BEGIN Source information
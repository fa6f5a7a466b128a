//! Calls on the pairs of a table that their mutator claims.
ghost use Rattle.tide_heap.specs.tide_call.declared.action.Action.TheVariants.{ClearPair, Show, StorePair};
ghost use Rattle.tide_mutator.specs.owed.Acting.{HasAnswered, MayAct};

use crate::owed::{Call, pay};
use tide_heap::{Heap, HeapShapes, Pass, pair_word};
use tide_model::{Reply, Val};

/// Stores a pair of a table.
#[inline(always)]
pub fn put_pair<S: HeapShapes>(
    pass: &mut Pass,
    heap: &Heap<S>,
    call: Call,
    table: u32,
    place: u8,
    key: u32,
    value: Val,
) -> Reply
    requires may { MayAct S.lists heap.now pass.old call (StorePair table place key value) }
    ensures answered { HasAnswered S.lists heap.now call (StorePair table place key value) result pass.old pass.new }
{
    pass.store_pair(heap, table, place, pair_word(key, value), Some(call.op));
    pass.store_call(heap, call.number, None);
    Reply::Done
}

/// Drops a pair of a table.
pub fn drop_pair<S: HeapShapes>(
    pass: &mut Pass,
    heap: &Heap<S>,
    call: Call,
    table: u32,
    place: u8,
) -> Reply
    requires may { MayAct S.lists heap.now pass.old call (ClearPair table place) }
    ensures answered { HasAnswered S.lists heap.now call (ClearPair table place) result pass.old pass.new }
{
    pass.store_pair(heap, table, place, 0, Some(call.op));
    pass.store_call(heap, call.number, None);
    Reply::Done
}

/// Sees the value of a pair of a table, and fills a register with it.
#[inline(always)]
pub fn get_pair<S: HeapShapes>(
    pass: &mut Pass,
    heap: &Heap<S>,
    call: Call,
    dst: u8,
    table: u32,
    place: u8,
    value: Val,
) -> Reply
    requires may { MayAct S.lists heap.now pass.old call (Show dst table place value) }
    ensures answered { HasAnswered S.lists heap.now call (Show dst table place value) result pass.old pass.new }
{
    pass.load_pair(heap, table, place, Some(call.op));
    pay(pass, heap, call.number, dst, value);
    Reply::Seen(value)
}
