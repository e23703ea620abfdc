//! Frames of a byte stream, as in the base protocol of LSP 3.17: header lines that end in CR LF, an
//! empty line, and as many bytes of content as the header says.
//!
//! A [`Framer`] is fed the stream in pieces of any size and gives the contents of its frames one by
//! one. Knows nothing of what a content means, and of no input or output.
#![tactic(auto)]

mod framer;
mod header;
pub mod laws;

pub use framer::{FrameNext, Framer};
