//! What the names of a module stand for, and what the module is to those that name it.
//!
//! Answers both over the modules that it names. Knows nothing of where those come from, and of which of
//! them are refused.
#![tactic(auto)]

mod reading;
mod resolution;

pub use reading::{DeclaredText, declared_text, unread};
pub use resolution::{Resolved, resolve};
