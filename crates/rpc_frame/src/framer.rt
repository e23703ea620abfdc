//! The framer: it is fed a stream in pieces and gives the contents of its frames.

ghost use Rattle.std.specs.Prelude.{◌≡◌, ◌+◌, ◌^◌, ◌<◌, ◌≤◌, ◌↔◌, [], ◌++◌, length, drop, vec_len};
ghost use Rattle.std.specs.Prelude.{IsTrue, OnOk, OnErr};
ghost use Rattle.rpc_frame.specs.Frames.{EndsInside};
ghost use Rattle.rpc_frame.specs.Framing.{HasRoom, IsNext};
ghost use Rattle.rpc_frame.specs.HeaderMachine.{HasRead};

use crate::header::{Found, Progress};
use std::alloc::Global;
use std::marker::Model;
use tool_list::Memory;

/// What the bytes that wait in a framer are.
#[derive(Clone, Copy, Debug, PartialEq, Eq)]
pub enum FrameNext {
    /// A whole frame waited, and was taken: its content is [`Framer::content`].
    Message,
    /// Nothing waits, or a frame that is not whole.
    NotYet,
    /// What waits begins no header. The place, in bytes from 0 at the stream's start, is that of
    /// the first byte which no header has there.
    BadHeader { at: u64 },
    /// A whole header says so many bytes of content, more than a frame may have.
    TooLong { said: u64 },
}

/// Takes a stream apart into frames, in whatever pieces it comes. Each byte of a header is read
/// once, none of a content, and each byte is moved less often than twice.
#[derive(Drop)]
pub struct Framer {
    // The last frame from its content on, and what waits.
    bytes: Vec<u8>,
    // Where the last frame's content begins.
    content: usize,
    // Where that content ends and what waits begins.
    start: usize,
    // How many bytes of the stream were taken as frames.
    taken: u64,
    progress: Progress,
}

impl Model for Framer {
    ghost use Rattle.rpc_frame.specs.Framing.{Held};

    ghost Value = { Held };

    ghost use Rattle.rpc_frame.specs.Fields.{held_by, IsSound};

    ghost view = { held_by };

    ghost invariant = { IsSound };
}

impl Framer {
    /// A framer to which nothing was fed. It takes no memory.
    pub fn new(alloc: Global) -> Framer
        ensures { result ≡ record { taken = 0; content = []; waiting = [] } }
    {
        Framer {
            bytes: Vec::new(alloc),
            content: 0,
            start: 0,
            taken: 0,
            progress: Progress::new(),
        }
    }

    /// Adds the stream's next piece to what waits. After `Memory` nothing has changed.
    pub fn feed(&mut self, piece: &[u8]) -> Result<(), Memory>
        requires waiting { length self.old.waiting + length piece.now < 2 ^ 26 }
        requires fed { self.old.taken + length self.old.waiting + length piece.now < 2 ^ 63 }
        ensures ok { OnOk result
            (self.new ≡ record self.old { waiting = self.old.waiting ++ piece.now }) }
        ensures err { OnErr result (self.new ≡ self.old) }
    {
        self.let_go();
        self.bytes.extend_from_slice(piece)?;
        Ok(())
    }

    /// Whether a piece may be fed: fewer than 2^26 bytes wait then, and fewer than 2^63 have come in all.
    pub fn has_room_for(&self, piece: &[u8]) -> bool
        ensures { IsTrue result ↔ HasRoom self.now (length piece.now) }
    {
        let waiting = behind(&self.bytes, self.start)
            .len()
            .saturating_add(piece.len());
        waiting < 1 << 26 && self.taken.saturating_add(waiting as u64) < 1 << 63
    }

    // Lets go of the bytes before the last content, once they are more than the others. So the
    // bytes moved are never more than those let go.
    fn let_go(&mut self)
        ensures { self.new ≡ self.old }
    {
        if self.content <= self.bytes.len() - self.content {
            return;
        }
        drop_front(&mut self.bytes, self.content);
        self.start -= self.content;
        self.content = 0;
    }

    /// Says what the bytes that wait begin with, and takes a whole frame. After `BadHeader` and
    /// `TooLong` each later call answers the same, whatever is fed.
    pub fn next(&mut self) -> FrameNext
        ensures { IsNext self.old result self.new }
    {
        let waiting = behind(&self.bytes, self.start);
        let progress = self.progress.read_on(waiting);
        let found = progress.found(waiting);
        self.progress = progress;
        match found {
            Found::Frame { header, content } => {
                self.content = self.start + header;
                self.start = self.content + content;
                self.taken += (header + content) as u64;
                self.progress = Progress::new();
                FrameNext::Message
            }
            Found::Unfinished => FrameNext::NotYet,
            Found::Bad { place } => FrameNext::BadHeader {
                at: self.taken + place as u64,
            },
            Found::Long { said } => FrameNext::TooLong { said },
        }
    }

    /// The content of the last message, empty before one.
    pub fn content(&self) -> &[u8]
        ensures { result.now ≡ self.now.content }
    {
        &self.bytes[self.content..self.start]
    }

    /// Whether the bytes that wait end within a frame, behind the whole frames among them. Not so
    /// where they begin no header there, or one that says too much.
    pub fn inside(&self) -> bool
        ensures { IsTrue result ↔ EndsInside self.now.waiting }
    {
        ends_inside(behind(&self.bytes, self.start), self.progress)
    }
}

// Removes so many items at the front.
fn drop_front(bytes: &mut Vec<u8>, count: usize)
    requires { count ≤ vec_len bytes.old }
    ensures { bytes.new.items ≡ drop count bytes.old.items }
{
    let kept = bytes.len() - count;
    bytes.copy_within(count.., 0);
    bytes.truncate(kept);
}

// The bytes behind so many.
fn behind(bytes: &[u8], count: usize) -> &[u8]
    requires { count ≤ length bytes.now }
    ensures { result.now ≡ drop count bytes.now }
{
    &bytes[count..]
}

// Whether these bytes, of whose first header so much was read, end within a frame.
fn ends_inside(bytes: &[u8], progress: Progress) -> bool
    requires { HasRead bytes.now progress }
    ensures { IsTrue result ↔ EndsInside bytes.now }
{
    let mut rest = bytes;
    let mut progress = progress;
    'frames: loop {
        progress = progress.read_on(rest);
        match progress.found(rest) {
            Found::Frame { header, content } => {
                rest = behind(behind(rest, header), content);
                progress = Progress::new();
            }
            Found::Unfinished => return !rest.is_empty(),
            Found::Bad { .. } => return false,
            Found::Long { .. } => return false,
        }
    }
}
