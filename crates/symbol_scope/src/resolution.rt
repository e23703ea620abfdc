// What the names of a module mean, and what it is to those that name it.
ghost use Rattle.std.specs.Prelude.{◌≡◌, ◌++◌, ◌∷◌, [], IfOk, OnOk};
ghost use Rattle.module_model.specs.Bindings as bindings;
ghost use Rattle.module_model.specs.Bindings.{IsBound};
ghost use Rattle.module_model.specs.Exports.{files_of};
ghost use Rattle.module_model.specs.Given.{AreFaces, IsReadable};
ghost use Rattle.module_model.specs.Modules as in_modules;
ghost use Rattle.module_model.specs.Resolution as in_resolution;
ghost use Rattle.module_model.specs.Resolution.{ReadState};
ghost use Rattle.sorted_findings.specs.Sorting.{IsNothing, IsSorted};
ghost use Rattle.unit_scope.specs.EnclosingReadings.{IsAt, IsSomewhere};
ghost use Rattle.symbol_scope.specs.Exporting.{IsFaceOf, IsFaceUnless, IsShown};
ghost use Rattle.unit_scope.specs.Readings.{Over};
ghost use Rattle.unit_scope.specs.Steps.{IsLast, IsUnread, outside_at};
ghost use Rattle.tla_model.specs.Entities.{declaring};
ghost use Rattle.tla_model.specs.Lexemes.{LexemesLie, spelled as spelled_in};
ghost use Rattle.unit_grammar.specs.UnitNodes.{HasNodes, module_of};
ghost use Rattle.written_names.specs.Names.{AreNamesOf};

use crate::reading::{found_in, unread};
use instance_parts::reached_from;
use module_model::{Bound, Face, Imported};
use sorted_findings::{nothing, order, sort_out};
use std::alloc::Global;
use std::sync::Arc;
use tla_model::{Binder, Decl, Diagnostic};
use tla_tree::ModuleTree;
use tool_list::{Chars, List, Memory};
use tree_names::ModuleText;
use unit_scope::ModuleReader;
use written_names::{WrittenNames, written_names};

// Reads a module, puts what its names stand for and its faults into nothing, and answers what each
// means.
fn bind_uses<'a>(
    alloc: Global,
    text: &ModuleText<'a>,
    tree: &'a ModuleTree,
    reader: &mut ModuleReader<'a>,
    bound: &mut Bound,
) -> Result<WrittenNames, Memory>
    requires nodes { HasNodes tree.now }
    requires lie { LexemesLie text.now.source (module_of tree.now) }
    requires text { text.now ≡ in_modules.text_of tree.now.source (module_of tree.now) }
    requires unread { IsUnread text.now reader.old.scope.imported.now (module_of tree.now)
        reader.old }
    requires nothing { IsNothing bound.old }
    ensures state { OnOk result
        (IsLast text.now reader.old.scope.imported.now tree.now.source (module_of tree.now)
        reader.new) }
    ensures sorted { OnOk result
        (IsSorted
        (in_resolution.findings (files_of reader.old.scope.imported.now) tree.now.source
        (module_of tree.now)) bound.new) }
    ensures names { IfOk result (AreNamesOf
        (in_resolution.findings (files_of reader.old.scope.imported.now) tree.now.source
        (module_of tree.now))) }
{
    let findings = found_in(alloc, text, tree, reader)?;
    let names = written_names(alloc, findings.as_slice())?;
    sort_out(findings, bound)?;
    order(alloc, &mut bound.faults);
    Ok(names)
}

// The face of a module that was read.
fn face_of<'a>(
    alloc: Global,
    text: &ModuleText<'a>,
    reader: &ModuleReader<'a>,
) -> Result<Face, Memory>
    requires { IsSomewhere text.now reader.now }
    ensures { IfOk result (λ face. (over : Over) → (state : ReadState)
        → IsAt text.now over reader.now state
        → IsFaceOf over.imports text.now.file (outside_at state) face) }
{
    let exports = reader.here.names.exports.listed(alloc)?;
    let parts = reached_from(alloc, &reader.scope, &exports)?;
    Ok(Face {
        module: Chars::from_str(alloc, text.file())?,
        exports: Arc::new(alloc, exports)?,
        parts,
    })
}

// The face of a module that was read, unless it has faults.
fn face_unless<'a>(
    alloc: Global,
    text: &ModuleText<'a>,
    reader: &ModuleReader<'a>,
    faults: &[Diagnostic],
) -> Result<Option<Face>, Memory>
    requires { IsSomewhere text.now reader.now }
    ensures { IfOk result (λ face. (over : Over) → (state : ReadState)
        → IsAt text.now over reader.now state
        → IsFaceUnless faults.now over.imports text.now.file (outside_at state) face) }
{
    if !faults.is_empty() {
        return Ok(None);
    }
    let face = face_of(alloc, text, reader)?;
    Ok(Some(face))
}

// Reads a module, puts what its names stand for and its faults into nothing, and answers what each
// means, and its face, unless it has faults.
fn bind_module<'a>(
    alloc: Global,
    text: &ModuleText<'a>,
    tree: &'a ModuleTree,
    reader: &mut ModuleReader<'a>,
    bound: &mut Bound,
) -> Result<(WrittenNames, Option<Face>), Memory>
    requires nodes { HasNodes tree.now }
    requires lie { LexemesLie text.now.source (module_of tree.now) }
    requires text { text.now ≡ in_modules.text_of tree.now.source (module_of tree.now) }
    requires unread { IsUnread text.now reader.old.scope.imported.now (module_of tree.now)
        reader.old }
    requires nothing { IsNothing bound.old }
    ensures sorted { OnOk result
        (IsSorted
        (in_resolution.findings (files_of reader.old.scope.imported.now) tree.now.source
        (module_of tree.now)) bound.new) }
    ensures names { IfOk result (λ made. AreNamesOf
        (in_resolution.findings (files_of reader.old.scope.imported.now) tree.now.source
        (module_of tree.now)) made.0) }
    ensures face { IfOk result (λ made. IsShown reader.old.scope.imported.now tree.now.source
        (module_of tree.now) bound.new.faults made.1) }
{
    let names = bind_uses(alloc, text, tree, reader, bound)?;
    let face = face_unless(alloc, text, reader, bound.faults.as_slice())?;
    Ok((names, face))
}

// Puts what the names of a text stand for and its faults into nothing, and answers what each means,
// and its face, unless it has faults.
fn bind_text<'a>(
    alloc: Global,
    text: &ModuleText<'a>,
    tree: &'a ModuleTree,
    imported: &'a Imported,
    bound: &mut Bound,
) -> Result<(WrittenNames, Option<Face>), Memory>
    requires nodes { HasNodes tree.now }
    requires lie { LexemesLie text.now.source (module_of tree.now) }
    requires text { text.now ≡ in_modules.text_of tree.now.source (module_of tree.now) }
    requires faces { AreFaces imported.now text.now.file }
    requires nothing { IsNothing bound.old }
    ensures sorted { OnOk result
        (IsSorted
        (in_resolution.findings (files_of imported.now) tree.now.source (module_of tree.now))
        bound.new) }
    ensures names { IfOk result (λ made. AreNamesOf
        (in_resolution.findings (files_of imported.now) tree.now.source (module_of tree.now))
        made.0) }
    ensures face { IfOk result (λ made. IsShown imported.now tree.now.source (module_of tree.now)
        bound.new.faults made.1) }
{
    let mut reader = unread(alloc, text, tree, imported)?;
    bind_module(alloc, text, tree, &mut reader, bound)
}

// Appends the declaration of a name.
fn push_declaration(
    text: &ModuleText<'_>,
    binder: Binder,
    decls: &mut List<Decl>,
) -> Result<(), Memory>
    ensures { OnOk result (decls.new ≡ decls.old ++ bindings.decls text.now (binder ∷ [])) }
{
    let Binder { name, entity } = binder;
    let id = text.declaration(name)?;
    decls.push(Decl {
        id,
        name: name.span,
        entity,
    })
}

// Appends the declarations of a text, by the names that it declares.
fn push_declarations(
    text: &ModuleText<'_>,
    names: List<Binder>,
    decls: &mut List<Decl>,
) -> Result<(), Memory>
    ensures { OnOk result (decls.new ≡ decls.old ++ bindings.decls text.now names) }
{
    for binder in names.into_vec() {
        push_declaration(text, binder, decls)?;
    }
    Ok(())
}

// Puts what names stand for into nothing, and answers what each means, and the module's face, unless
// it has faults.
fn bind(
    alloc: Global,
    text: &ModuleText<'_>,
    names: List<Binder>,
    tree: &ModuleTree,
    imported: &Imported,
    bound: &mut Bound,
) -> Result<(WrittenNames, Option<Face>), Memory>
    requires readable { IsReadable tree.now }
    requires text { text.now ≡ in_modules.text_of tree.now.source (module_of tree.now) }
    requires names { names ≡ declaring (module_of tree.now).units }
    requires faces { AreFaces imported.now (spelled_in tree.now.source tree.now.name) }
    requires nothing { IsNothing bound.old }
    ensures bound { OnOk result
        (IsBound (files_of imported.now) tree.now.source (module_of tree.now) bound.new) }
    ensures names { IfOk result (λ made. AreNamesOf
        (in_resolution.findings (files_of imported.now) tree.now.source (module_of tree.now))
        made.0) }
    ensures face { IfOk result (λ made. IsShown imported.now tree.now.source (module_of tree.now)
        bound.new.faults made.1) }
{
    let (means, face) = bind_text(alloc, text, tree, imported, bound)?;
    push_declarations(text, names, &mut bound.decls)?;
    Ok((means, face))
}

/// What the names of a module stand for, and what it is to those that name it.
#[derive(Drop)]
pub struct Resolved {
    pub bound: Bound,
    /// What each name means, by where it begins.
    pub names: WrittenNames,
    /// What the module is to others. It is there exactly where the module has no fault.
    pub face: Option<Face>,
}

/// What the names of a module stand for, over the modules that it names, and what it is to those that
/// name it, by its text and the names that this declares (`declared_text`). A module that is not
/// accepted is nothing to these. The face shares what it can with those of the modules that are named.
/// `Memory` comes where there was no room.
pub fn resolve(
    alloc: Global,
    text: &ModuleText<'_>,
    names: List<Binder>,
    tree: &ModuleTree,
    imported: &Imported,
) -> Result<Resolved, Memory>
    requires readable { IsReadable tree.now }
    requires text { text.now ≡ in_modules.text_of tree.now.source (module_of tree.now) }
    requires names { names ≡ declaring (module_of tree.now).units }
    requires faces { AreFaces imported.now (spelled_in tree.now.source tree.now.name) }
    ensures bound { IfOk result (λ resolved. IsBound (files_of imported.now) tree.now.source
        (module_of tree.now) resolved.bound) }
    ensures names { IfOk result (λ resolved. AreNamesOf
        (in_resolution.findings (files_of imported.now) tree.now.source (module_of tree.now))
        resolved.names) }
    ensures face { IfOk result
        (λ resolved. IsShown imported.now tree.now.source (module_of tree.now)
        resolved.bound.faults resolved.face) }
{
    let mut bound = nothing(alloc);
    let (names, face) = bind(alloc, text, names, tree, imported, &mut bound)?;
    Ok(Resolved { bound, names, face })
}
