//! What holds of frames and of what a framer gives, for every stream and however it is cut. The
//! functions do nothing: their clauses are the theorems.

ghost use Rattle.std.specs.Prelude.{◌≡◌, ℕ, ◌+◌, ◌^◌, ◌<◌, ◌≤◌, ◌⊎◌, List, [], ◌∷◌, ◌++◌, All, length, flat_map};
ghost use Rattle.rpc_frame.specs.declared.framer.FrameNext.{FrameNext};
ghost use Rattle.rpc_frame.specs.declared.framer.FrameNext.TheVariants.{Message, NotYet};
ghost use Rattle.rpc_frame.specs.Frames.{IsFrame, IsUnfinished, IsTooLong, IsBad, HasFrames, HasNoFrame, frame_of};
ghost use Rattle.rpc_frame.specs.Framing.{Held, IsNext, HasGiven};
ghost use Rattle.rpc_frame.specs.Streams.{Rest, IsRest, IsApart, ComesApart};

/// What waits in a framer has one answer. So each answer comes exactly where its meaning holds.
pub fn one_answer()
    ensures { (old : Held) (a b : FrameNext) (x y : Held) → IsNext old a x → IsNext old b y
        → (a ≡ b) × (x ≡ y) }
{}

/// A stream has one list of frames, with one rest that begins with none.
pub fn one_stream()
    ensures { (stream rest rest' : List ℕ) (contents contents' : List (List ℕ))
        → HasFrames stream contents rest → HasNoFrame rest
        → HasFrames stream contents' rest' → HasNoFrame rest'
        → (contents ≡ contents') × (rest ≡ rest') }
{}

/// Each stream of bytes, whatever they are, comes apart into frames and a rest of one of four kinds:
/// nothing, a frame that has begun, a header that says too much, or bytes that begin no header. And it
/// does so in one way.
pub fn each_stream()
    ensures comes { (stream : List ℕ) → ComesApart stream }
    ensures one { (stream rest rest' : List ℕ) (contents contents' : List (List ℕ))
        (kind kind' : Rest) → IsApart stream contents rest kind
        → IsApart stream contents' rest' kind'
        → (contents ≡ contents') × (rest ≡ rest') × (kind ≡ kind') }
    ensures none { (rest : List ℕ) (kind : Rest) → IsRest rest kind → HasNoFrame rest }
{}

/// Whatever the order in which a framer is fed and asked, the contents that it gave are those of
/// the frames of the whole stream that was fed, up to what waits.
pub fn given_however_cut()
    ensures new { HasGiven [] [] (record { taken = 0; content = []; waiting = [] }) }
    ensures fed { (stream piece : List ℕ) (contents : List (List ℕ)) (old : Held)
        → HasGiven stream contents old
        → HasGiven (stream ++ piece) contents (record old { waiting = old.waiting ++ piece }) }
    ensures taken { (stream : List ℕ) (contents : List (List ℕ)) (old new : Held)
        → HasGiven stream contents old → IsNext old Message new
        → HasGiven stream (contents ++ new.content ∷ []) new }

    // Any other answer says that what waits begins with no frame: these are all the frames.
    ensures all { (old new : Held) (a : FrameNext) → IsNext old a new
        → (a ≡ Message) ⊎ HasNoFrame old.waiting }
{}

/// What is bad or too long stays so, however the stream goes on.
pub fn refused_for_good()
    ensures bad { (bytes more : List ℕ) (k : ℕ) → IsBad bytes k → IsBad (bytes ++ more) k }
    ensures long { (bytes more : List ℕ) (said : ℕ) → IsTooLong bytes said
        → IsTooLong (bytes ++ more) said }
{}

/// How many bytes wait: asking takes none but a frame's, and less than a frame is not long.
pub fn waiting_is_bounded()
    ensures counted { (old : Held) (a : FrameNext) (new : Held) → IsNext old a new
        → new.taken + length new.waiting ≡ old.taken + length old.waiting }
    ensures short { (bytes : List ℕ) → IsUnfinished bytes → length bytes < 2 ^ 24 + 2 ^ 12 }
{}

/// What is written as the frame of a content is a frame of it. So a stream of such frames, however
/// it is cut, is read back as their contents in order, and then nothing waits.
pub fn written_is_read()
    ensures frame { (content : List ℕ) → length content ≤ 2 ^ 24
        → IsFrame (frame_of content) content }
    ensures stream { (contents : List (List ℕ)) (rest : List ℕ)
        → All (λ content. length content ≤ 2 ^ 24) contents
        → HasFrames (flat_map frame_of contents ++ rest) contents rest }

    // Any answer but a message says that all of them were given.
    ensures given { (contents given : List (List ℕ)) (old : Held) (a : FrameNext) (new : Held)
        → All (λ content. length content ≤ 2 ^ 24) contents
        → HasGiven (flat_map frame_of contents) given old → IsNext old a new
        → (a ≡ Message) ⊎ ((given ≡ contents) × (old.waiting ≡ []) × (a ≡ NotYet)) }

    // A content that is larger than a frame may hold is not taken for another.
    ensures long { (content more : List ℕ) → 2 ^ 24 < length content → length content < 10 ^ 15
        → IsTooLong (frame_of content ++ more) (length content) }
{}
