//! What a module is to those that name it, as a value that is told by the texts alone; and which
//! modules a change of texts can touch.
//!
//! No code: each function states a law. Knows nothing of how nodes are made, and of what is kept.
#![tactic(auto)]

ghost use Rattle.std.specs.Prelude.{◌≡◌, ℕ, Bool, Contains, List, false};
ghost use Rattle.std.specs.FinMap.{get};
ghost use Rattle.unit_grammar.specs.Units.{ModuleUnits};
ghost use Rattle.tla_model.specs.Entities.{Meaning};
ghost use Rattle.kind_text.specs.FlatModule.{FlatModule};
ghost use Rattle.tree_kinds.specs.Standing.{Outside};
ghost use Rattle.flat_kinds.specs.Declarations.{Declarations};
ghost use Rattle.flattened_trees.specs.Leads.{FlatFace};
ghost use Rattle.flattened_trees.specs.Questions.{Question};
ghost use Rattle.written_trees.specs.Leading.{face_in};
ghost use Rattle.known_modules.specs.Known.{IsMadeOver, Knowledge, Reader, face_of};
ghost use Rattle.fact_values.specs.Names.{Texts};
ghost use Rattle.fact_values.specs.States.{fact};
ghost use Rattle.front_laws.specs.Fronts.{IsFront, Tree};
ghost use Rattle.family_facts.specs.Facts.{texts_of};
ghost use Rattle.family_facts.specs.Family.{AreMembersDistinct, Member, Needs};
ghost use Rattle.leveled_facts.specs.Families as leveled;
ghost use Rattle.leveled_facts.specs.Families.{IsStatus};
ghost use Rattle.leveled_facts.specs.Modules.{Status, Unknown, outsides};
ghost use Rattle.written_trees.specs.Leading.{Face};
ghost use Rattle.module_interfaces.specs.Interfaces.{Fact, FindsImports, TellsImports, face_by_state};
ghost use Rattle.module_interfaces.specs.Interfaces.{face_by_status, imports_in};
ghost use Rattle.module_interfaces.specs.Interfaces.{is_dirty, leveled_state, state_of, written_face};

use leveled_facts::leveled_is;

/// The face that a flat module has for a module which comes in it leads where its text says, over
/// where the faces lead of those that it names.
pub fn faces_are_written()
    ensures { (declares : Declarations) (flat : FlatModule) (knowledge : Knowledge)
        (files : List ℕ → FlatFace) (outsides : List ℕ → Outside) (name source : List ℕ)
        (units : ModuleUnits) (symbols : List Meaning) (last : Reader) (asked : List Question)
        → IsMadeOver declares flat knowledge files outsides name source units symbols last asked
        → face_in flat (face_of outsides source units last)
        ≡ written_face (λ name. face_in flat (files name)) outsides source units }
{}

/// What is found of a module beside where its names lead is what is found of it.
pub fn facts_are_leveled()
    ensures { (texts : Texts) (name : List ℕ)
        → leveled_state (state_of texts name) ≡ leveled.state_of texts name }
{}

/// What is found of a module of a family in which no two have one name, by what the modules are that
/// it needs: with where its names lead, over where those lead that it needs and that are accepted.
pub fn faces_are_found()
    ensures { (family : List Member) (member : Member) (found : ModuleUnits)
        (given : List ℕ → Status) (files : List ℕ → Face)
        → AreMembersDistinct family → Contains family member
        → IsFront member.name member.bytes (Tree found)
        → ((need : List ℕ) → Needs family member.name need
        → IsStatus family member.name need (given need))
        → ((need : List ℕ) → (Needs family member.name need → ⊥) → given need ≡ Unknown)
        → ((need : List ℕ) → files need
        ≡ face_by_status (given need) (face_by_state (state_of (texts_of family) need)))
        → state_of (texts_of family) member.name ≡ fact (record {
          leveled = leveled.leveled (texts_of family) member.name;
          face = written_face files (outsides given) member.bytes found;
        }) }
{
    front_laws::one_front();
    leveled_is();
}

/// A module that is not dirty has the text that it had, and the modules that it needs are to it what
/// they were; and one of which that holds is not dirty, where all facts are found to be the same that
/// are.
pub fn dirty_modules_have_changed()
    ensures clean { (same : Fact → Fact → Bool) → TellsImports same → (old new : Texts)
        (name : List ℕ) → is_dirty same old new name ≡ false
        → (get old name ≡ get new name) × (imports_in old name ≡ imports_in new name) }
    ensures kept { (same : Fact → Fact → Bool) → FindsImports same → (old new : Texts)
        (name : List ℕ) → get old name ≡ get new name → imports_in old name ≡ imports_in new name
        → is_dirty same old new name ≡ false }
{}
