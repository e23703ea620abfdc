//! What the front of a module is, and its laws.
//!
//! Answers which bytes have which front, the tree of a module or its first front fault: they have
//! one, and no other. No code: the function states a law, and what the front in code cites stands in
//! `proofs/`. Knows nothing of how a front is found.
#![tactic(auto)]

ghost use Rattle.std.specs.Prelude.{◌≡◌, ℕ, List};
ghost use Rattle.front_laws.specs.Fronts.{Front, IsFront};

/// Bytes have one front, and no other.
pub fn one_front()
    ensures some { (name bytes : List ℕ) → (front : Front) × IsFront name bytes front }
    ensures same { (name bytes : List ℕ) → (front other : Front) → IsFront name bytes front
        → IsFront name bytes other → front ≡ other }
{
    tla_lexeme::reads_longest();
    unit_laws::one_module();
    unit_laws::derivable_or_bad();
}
END Source information
Scan the data for lines containing "HasAnswered" and copy all of them.

- **Solution**:
ghost use Rattle.tide_mutator.specs.owed.Acting.{HasAnswered, MayAct};
    ensures answered { HasAnswered S.lists heap.now call (StorePair table place key value) result pass.old pass.new }
    ensures answered { HasAnswered S.lists heap.now call (ClearPair table place) result pass.old pass.new }
    ensures answered { HasAnswered S.lists heap.now call (Show dst table place value) result pass.old pass.new }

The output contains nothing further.